"No, I can't" Aziraphale said a little too quickly. There was no scoffing, or offense being taken. The god was more anxious than askance, looking a bit too nervous for Crowley to believe him.

"Yes, you can!"

"I don't!"

"You do!" Crowley crowed, "How are you managing it though?"

"I assure you that these eyes are incapable of sight." Aziraphale said firmly, and Crowley didn't doubt that for a second.

Aziraphale was the god of writers and wordsmiths, and Crowley knew that. The gorgon also knew firsthand that gods were a tricky lot.

"So you wouldn't care if I have a little looking about. I've always wondered what a god's ceiling looks like." Crowley warned, the doves cooing in alarm.

"I would really appreciate it if you didn't." Azirapahle said, the sound of wings signaling that the god had sent his brood away. Azirapahle looked like someone who was doing their best to not appear upset, and failing miserably at it.

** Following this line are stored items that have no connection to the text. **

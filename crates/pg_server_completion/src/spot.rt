//! What stands around a place of a file.

use pg_file_items::Span;
use pg_file_tokens::{Lexeme, Token, is_word};
use pg_server_names::{Next, Sense, Surroundings, next_of, span_of_token};
use std::alloc::{AllocError, Global};

/// The word inside a `word` or `operators` item that stood last.
#[derive(Clone, Copy, PartialEq, Eq)]
pub(crate) enum Part {
    /// None has stood in this item.
    None,
    Head,
    Rest,
    Gap,
    Reserved,
    Max,
}

/// What stands around a place.
#[derive(Drop)]
pub(crate) struct Spot {
    /// The name that has been begun there, up to the place.
    pub(crate) begun: Span,
    /// What stands around that name.
    pub(crate) surroundings: Surroundings,
    pub(crate) part: Part,
    /// The number of the tokens before that name.
    pub(crate) count: usize,
}

/// What stands around a place; `None` inside a literal, a number or a comment, where no word can be.
pub(crate) fn spot_at(
    alloc: Global,
    text: &[char],
    lexemes: &[Lexeme],
    place: usize,
) -> Result<Option<Spot>, AllocError> {
    let first = begin_of_name(text, place);
    if !is_outside(text, lexemes, first) {
        return Ok(None);
    }
    let spot = spot_before(alloc, lexemes, first, place)?;
    Ok(Some(spot))
}

/// What stands around a place, inside a literal too, where a name begins that ends at another place.
pub(crate) fn spot_before(
    alloc: Global,
    lexemes: &[Lexeme],
    first: usize,
    after: usize,
) -> Result<Spot, AllocError> {
    let begun = Span { first, after };
    let count = count_before(lexemes, first);
    spot_behind(alloc, lexemes, count, begun)
}

/// What stands behind the first tokens of a file.
fn spot_behind(
    alloc: Global,
    lexemes: &[Lexeme],
    count: usize,
    begun: Span,
) -> Result<Spot, AllocError> {
    let mut surroundings = Surroundings::new(alloc);
    let mut part = Part::None;
    let mut rest = lexemes;
    for _ in 0..count {
        if let [first, behind @ ..] = rest {
            let next = next_of(behind);
            part = part_behind(part, &first.token, next, &surroundings);
            surroundings.pass(&first.token, next)?;
            rest = behind;
        }
    }
    Ok(Spot {
        begun,
        surroundings,
        part,
        count,
    })
}

/// The part word that stood last, behind a token. A new item has none. A name that isn't a keyword there leaves it as it was: a class may be named `rest`.
fn part_behind(part: Part, token: &Token, next: Next, surroundings: &Surroundings) -> Part {
    let Token::Name(name) = token else {
        return part;
    };
    if surroundings.item().is_none() {
        Part::None
    } else if matches!(surroundings.sense(name.as_slice(), next), Sense::Keyword) {
        part_named(part, name.as_slice())
    } else {
        part
    }
}

fn part_named(part: Part, name: &[char]) -> Part {
    if is_word("head", name) {
        Part::Head
    } else if is_word("rest", name) {
        Part::Rest
    } else if is_word("gap", name) {
        Part::Gap
    } else if is_word("reserved", name) {
        Part::Reserved
    } else if is_word("max", name) {
        Part::Max
    } else {
        part
    }
}

/// Where the name begins that has been begun before a place; the place itself, where there is none.
fn begin_of_name(text: &[char], place: usize) -> usize {
    let before = text.get(..place).unwrap_or(text);
    let mut first = before.len();
    for c in before.iter().rev() {
        if !c.is_ascii_alphanumeric() && *c != '_' {
            break;
        }
        first = first.saturating_sub(1);
    }
    first
}

/// How many tokens begin before a place.
fn count_before(lexemes: &[Lexeme], place: usize) -> usize {
    lexemes
        .iter()
        .take_while(|lexeme| lexeme.place < place)
        .count()
}

/// Whether a place is in no token and no comment, and a number doesn't begin there.
fn is_outside(text: &[char], lexemes: &[Lexeme], place: usize) -> bool {
    let count = count_before(lexemes, place);
    let before = match lexemes.get(count.saturating_sub(1)) {
        Some(last) if count > 0 => span_of_token(text, last).after,
        Some(_) | None => 0,
    };
    match text.get(before..place) {
        Some(between) => is_blank(between) && !is_digit_at(text, place),
        None => false,
    }
}

fn is_digit_at(text: &[char], place: usize) -> bool {
    match text.get(place) {
        Some(c) => c.is_ascii_digit(),
        None => false,
    }
}

/// Whether these characters, which are blanks, comments and what begins no token, end outside of a comment and of a literal that isn't closed.
fn is_blank(between: &[char]) -> bool {
    let line = match between.iter().rev().position(|c| *c == '\n') {
        Some(count) => between
            .get(between.len().saturating_sub(count)..)
            .unwrap_or(between),
        None => between,
    };
    !line.contains(&'#') && !line.contains(&'"')
}
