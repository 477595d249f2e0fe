//! The words that can be written in a grammar file, how each is written, and a line on it.
//!
//! The tables of the language server stand here and nowhere else; `tests/editor_words` holds them to `docs/GRAMMAR_FILES.md`. What is written has a word for each
//! part, which signature help shows.

use pg_file_items::{ClassForm, FormWord, OneForm, SomeForm, TwoForm};
use pg_grammar_form::Side;
use pg_server_names::NameKind;

/// A word, how it is written with what belongs to it, and what that says.
#[derive(Clone, Copy)]
pub struct Line {
    pub word: &'static str,
    pub written: &'static str,
    pub line: &'static str,
}

/// The same as a row of a table.
pub(crate) type Row = (&'static str, &'static str, &'static str);

/// The words that begin items.
pub(crate) const ITEMS: [(&str, &str, &str); 5] = [
    (
        "class",
        "class NAME = class;",
        "a name for a set of characters",
    ),
    (
        "word",
        "word NAME head class rest class reserved LITERAL ..;",
        "a kind of words: what begins one, what goes on in it, and which texts are none",
    ),
    (
        "operators",
        "operators class gap class reserved LITERAL .. max NUMBER;",
        "the characters of operators, and those that are skipped after one",
    ),
    (
        "table",
        "table ROLE NUMBER LITERAL;",
        "an operator that is there from the start, with its precedence from 0 to 9",
    ),
    ("start", "start NAME;", "the rule that a text is parsed by"),
];

/// The words inside items.
pub(crate) const PARTS: [(&str, &str, &str); 6] = [
    ("head", "head class", "what begins a word"),
    ("rest", "rest class", "what goes on in a word"),
    ("gap", "gap class", "what is skipped after an operator"),
    (
        "reserved",
        "reserved LITERAL ..",
        "texts that are no such words or operators",
    ),
    (
        "max",
        "max NUMBER",
        "how many operators there may be at once, at most 64",
    ),
    ("not", "not class", "all other characters"),
];

/// The roles of operators.
pub(crate) const ROLES: [(&str, &str, &str); 5] = [
    (
        "infixl",
        "infixl NUMBER LITERAL",
        "between two operands, grouped from the left",
    ),
    (
        "infixr",
        "infixr NUMBER LITERAL",
        "between two operands, grouped from the right",
    ),
    (
        "infix",
        "infix NUMBER LITERAL",
        "between two operands, and not beside another of its precedence",
    ),
    ("prefix", "prefix NUMBER LITERAL", "before its operand"),
    ("postfix", "postfix NUMBER LITERAL", "behind its operand"),
];

/// The predicates.
pub(crate) const PREDICATES: [(&str, &str, &str); 6] = [
    ("digit", "digit", "`0` to `9`"),
    ("octDigit", "octDigit", "`0` to `7`"),
    ("hexDigit", "hexDigit", "`0` to `9`, `A` to `F`, `a` to `f`"),
    ("letter", "letter", "a letter of Unicode"),
    ("alphaNum", "alphaNum", "a letter or a number of Unicode"),
    (
        "space",
        "space",
        "a space of Unicode, or one of U+0009 to U+000D",
    ),
];

/// The builders.
pub(crate) const BUILDERS: [(&str, &str, &str); 7] = [
    ("node", "node", "a node labelled by the symbol"),
    ("num", "num", "a node labelled `num`"),
    ("name", "name", "a node labelled `name`"),
    ("list", "list", "a node labelled `list`"),
    ("call", "call", "a node labelled `call`"),
    (
        "flat",
        "flat",
        "a node labelled `list`; a kid that is one itself gives way to its kids",
    ),
    (
        "join",
        "join",
        "a leaf with the texts of all leaves, joined",
    ),
];

/// The words of the forms with parentheses.
pub(crate) const FORMS: [&str; 23] = [
    "satisfy",
    "string",
    "seq",
    "choice",
    "many",
    "chainl1",
    "chainr1",
    "try",
    "notFollowedBy",
    "word",
    "expr",
    "declare",
    "text",
    "skip",
    "build",
    "label",
    "local",
    "many1",
    "option",
    "between",
    "sepBy",
    "sepBy1",
    "endBy",
];

/// The form without parentheses.
pub(crate) const END: (&str, &str, &str) = ("eof", "eof", "nothing, at the end of the text");

/// A row of a table.
pub(crate) fn line_of(row: &Row) -> Line {
    line_with(row.0, row.1, row.2)
}

fn line_with(word: &'static str, written: &'static str, line: &'static str) -> Line {
    Line {
        word,
        written,
        line,
    }
}

/// A line on a name that an item of the file defines.
pub fn name_line(kind: NameKind) -> &'static str {
    match kind {
        NameKind::Rule => "a rule of this file",
        NameKind::Class => "a class of this file",
        NameKind::Word => "a kind of words of this file",
    }
}

/// How a form is written; with a symbol, if it can have one and is said to have it.
pub fn form_line(form: FormWord, has_symbol: bool) -> Line {
    match form {
        FormWord::OfClass(form) => class_line(form),
        FormWord::String => line_with(
            "string",
            "string(characters)",
            "these characters, at least one",
        ),
        FormWord::Seq => line_with(
            "seq",
            "seq(value, ..)",
            "the values, one after another; `seq()` takes nothing",
        ),
        FormWord::OfSome(form) => some_line(form),
        FormWord::OfOne(form) => one_line(form),
        FormWord::OfTwo(form) => two_line(form),
        FormWord::Between => line_with(
            "between",
            "between(opening, closing, value)",
            "the value between two others, whose trees are dropped",
        ),
        FormWord::Chain(side) if has_symbol => symbol_chain_line(side),
        FormWord::Chain(side) => chain_line(side),
        FormWord::Expression => line_with(
            "expr",
            "expr(infix builder, prefix builder, postfix builder, term)",
            "operators and terms, by precedence and associativity",
        ),
        FormWord::Build if has_symbol => line_with(
            "build",
            "build(builder, symbol, value)",
            "the one tree that the builder makes of the value's, with this symbol",
        ),
        FormWord::Build => line_with(
            "build",
            "build(builder, value)",
            "the one tree that the builder makes of the value's",
        ),
        FormWord::Label => line_with(
            "label",
            "label(value, message)",
            "the value; where it fails and took nothing, the error expects the message",
        ),
        FormWord::Word => line_with("word", "word(name)", "a word of that kind"),
    }
}

fn class_line(form: ClassForm) -> Line {
    match form {
        ClassForm::Satisfy => line_with("satisfy", "satisfy(class)", "one character of the class"),
        ClassForm::NotFollowedBy => line_with(
            "notFollowedBy",
            "notFollowedBy(class)",
            "nothing, where no character of the class comes next",
        ),
        ClassForm::Declare => line_with(
            "declare",
            "declare(class)",
            "a declaration of an operator, whose keyword no character of the class follows",
        ),
    }
}

fn some_line(form: SomeForm) -> Line {
    match form {
        SomeForm::Choice => line_with(
            "choice",
            "choice(value, ..)",
            "the first value that parses, as Parsec chooses",
        ),
        SomeForm::Try => line_with(
            "try",
            "try(value, ..)",
            "the values, one after another; where that fails nothing was taken",
        ),
        SomeForm::Local => line_with(
            "local",
            "local(value, ..)",
            "the values, one after another; operators that they declare are gone behind them",
        ),
    }
}

fn one_line(form: OneForm) -> Line {
    match form {
        OneForm::Many => line_with("many", "many(value)", "the value as often as it parses"),
        OneForm::Many1 => line_with(
            "many1",
            "many1(value)",
            "the value as often as it parses, at least once",
        ),
        OneForm::Option => line_with("option", "option(value)", "the value or nothing"),
        OneForm::Text => line_with(
            "text",
            "text(value)",
            "one leaf with the text that the value took",
        ),
        OneForm::Skip => line_with("skip", "skip(value)", "the value, without its trees"),
    }
}

fn two_line(form: TwoForm) -> Line {
    match form {
        TwoForm::SepBy => line_with(
            "sepBy",
            "sepBy(value, separator)",
            "values with a separator between each two, or nothing",
        ),
        TwoForm::SepBy1 => line_with(
            "sepBy1",
            "sepBy1(value, separator)",
            "one value or more, with a separator between each two",
        ),
        TwoForm::EndBy => line_with(
            "endBy",
            "endBy(value, separator)",
            "values, each with a separator behind it",
        ),
    }
}

fn chain_line(side: Side) -> Line {
    match side {
        Side::Left => line_with(
            "chainl1",
            "chainl1(builder, operand, separator)",
            "operands with separators between them, folded from the left",
        ),
        Side::Right => line_with(
            "chainr1",
            "chainr1(builder, operand, separator)",
            "operands with separators between them, folded from the right",
        ),
    }
}

fn symbol_chain_line(side: Side) -> Line {
    match side {
        Side::Left => line_with(
            "chainl1",
            "chainl1(builder, symbol, operand, separator)",
            "operands with separators between them, folded from the left, each link with this symbol",
        ),
        Side::Right => line_with(
            "chainr1",
            "chainr1(builder, symbol, operand, separator)",
            "operands with separators between them, folded from the right, each link with this symbol",
        ),
    }
}
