//! What is wanted at a place.

use crate::spot::{Part, Spot};
use pg_file_tokens::{Lexeme, Mark};
use pg_server_names::{Before, ItemWord, Wanted};

/// What can be written at a place.
#[derive(Clone, Copy, PartialEq, Eq)]
pub(crate) enum Wish {
    /// The word of an item.
    Item,
    /// The role of an operator.
    Role,
    /// The name of a rule.
    Rule,
    /// A value: a form, or the name of a rule.
    Value,
    /// A class expression.
    Class,
    /// The name of a kind of words.
    Word,
    Builder,
    /// One of the words inside items, from the first number up to the second in their table.
    Parts(usize, usize),
    Nothing,
}

/// What is wanted at a spot.
pub(crate) fn wish_at(spot: &Spot, lexemes: &[Lexeme]) -> Wish {
    match spot.surroundings.before() {
        Before::Class | Before::Word | Before::Form(_) => Wish::Nothing,
        Before::Start => Wish::Rule,
        Before::Name | Before::End => wish_behind(spot),
        Before::Other => wish_in(spot, lexemes),
    }
}

/// As `wish_at`, behind a name, a literal or a closing parenthesis: only words inside items go on there.
fn wish_behind(spot: &Spot) -> Wish {
    if spot.surroundings.is_in_group() {
        return Wish::Nothing;
    }
    match (spot.surroundings.item(), spot.part) {
        (Some(ItemWord::Word), Part::None) => Wish::Parts(0, 1),
        (Some(ItemWord::Word), Part::Head) => Wish::Parts(1, 2),
        (Some(ItemWord::Word), Part::Rest) => Wish::Parts(3, 4),
        (Some(ItemWord::Operators), Part::None) => Wish::Parts(2, 3),
        (Some(ItemWord::Operators), Part::Gap) => Wish::Parts(3, 5),
        (Some(ItemWord::Operators), Part::Reserved) => Wish::Parts(4, 5),
        (_, _) => Wish::Nothing,
    }
}

/// As `wish_at`, behind a mark or a word.
fn wish_in(spot: &Spot, lexemes: &[Lexeme]) -> Wish {
    let last = lexemes.get(spot.count.saturating_sub(1));
    match spot.surroundings.item() {
        None => Wish::Item,
        Some(ItemWord::Table) => role_behind(last),
        Some(
            ItemWord::Class
            | ItemWord::Word
            | ItemWord::Operators
            | ItemWord::Start
            | ItemWord::Rule,
        ) => wanted(spot.surroundings.wanted(), last),
    }
}

/// A role, right behind the word of a `table` item.
fn role_behind(last: Option<&Lexeme>) -> Wish {
    match last {
        Some(last) if last.token.is_word("table") => Wish::Role,
        Some(_) | None => Wish::Nothing,
    }
}

/// What is wanted behind a token that is no end of a value: nothing behind a word without parentheses, and behind `reserved` and `max`.
fn wanted(wanted: Wanted, last: Option<&Lexeme>) -> Wish {
    match wanted {
        Wanted::Value if is_behind_mark(last) => Wish::Value,
        Wanted::Value => Wish::Nothing,
        Wanted::Class if is_behind_text_word(last) => Wish::Nothing,
        Wanted::Class => Wish::Class,
        Wanted::Word => Wish::Word,
        Wanted::Builder => Wish::Builder,
        Wanted::Nothing => Wish::Nothing,
    }
}

/// Behind `=`, `(` or `,`.
fn is_behind_mark(last: Option<&Lexeme>) -> bool {
    match last {
        Some(last) => {
            last.token.is_mark(Mark::Equals)
                || last.token.is_mark(Mark::Open)
                || last.token.is_mark(Mark::Comma)
        }
        None => false,
    }
}

/// Behind a word that literals or a number follow, or between the ends of a range.
fn is_behind_text_word(last: Option<&Lexeme>) -> bool {
    match last {
        Some(last) => {
            last.token.is_word("reserved")
                || last.token.is_word("max")
                || last.token.is_mark(Mark::Dots)
        }
        None => false,
    }
}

Crowley looked around the room for a tell, a clue, anything really. Her serpentine gaze landed on the bat, the one Aziraphale had come into the bath with him, the very same one that flown off his shoulders when the god's wings appeared, the small creature staying near them up on a wall.

"I like bats. Wonderful animals. Marvelous creatures really. All the flying about in the dead pitch black of night while being perfectly fine doing so. I don't know about you, but I'd run into things left, right, and center." Crowley said conversationally as she went over to the bat to gently release it from the wall. Aziraphale made an odd noise, sounding somewhere between dismay and protest, ending in a sigh of relief when the gorgon released the bat back into the wild via the window.

"Best not move. There are pins on the floor." Crowley said flatly, ideas coming together. She watched as she took a step forward, Aziraphale mirrored the motion, taking a step back.

It was an impressive response, especially when one considered all of the variables. Crowley was barefoot on smooth marble stone, her cool scaled footsteps soundless things. She was also very well versed in moving silently, the gorgon's survival usually depending upon it. Even if there were whispers of walking, it would have been drowned out by all the active writing implements constantly scratching words out on paper.

If she was right about her theory though, Aziraphale shouldn't have reacted the way he had.

"You can see, and I believe it has something to do with animals..."Crowley thought out loud, looking around the room, somewhat at a loss. She had been so sure. The observation was interrupted by Zoe and Leo bumping her face, the rest of her snakes going oddly quiet as they did so.

Taking her longest two locks in hand, Crowley carefully looked them over. They seemed fine for the most part. The only thing out of place was that their eyes were pearl white.

"Yeah, no, oh, oh, oh! That's brilliant! You can see me!" Crowley said she watched their eyes turn back to normal.

"Oh gods, you can see me." Crowley said again, quickly experiencing emotional whiplash.

"Yes." Aziraphale said quietly.

"So what was this?" Crowley started to give into the paranoia and anxiety that had been trying to get her full attention since the beginning of this. She was a being cursed by the gods. Nice things just didn't happen to her. It would do well for her to remember that.

"What do you mean?" Aziraphale asked, sounding more confused than Crowley thought he had any right to.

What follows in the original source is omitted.